Write out, word for word, every line in the data below from the one containing "OwnDrawn netlist.old netlist.new" to the one containing "WaitBelow (nodes_in walk.now)", both of them included.
--------------------------------------------------
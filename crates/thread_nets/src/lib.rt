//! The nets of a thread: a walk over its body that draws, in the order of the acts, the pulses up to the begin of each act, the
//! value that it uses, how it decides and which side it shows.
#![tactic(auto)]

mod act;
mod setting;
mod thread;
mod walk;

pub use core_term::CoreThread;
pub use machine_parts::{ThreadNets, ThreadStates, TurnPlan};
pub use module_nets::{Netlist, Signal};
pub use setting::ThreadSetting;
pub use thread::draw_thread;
--------------------------------------------------
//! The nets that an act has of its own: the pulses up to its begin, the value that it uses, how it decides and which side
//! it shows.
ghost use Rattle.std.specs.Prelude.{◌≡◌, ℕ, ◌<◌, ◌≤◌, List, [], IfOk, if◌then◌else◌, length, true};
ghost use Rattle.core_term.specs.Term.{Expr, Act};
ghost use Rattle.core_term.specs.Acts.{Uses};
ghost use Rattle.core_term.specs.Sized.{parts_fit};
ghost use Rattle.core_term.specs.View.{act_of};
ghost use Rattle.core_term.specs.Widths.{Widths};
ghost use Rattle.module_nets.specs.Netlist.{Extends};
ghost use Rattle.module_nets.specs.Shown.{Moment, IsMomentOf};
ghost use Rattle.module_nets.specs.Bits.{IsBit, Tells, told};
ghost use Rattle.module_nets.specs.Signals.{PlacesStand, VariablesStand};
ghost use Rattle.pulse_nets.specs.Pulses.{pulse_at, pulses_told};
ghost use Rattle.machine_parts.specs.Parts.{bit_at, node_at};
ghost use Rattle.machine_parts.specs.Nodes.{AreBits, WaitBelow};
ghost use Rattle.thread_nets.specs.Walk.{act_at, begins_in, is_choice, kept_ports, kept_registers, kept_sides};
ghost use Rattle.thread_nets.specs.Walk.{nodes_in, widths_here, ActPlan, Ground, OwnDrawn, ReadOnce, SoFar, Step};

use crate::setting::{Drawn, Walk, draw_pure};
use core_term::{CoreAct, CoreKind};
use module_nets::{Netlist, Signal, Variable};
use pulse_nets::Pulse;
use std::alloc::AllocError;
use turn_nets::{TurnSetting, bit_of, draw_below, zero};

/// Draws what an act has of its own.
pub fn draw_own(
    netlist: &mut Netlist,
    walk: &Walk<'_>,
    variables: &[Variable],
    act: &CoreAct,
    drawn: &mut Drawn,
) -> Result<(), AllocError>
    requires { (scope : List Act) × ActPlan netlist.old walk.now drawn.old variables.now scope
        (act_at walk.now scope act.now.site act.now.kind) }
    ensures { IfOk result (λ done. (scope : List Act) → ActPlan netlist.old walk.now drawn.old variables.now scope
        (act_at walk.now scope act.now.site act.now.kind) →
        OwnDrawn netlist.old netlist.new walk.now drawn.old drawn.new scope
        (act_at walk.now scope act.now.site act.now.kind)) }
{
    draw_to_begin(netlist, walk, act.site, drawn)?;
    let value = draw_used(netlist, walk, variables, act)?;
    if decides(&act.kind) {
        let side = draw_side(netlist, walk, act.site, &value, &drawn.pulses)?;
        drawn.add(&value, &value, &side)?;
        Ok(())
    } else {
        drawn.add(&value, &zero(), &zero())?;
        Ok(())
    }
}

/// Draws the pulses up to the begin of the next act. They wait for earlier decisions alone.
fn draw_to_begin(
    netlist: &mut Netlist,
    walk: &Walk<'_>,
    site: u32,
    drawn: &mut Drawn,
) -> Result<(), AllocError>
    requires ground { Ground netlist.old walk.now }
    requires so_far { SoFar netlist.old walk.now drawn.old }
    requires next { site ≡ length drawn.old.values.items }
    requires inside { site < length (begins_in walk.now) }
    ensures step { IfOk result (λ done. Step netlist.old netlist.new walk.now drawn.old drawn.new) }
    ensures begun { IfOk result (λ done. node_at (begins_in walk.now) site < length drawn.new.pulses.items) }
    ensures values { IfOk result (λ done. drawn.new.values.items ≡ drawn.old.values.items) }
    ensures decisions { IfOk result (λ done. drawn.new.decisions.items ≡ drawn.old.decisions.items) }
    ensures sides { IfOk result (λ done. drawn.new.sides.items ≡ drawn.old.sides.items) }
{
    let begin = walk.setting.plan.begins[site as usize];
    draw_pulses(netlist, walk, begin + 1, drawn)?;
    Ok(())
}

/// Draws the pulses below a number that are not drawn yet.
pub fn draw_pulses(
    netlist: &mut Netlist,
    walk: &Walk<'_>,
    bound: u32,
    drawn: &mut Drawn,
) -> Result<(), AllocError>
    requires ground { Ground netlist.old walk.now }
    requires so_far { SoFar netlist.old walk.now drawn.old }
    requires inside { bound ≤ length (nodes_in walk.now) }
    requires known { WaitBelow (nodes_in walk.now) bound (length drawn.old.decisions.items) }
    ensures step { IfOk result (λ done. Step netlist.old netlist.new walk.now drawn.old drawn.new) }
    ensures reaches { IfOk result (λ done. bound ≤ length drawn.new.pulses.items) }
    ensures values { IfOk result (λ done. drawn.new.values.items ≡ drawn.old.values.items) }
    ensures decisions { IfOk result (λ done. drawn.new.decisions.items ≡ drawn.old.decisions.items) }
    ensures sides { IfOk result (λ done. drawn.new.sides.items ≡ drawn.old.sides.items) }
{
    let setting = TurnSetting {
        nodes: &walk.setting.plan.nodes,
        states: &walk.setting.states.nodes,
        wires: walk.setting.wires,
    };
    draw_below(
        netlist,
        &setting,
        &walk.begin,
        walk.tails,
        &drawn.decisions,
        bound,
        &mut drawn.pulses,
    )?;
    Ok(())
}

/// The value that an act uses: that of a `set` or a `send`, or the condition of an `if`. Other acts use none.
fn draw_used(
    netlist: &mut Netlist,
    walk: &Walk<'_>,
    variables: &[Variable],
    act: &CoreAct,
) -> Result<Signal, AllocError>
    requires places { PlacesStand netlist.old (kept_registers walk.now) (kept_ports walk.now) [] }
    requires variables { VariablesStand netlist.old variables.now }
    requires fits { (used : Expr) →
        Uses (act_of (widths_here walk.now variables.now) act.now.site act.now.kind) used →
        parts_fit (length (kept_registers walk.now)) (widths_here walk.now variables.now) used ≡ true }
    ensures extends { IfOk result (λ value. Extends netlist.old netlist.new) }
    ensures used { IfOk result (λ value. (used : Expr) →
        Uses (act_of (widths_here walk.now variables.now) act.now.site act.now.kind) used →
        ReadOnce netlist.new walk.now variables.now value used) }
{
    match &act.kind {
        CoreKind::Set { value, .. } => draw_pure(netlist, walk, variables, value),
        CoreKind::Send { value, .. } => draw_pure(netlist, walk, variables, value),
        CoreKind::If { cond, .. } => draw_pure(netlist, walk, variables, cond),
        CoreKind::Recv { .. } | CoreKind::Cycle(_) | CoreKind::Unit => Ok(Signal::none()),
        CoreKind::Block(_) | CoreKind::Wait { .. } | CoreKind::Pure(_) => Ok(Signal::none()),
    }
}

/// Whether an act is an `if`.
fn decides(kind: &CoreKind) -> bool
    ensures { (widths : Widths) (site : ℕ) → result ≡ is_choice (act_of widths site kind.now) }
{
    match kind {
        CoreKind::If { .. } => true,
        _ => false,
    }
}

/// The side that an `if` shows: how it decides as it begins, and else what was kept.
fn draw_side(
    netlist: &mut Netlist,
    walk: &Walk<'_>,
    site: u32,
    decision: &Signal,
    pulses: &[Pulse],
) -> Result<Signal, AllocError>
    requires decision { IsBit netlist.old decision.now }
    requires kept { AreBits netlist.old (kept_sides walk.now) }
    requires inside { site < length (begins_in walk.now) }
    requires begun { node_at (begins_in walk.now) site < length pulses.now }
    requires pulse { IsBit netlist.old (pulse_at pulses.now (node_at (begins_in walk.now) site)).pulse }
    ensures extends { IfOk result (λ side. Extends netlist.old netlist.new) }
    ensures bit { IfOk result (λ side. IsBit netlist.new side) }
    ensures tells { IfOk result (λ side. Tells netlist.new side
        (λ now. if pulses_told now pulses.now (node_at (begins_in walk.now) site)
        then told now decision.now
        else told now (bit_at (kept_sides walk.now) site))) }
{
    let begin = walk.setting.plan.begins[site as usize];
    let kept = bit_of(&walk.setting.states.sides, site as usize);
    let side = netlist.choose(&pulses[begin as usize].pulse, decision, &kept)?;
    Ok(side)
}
--------------------------------------------------
ANSWER
        OwnDrawn netlist.old netlist.new walk.now drawn.old drawn.new scope
        (act_at walk.now scope act.now.site act.now.kind)) }
{
    draw_to_begin(netlist, walk, act.site, drawn)?;
    let value = draw_used(netlist, walk, variables, act)?;
    if decides(&act.kind) {
        let side = draw_side(netlist, walk, act.site, &value, &drawn.pulses)?;
        drawn.add(&value, &value, &side)?;
        Ok(())
    } else {
        drawn.add(&value, &zero(), &zero())?;
        Ok(())
    }
}

/// Draws the pulses up to the begin of the next act. They wait for earlier decisions alone.
fn draw_to_begin(
    netlist: &mut Netlist,
    walk: &Walk<'_>,
    site: u32,
    drawn: &mut Drawn,
) -> Result<(), AllocError>
    requires ground { Ground netlist.old walk.now }
    requires so_far { SoFar netlist.old walk.now drawn.old }
    requires next { site ≡ length drawn.old.values.items }
    requires inside { site < length (begins_in walk.now) }
    ensures step { IfOk result (λ done. Step netlist.old netlist.new walk.now drawn.old drawn.new) }
    ensures begun { IfOk result (λ done. node_at (begins_in walk.now) site < length drawn.new.pulses.items) }
    ensures values { IfOk result (λ done. drawn.new.values.items ≡ drawn.old.values.items) }
    ensures decisions { IfOk result (λ done. drawn.new.decisions.items ≡ drawn.old.decisions.items) }
    ensures sides { IfOk result (λ done. drawn.new.sides.items ≡ drawn.old.sides.items) }
{
    let begin = walk.setting.plan.begins[site as usize];
    draw_pulses(netlist, walk, begin + 1, drawn)?;
    Ok(())
}

/// Draws the pulses below a number that are not drawn yet.
pub fn draw_pulses(
    netlist: &mut Netlist,
    walk: &Walk<'_>,
    bound: u32,
    drawn: &mut Drawn,
) -> Result<(), AllocError>
    requires ground { Ground netlist.old walk.now }
    requires so_far { SoFar netlist.old walk.now drawn.old }
    requires inside { bound ≤ length (nodes_in walk.now) }
    requires known { WaitBelow (nodes_in walk.now) bound (length drawn.old.decisions.items) }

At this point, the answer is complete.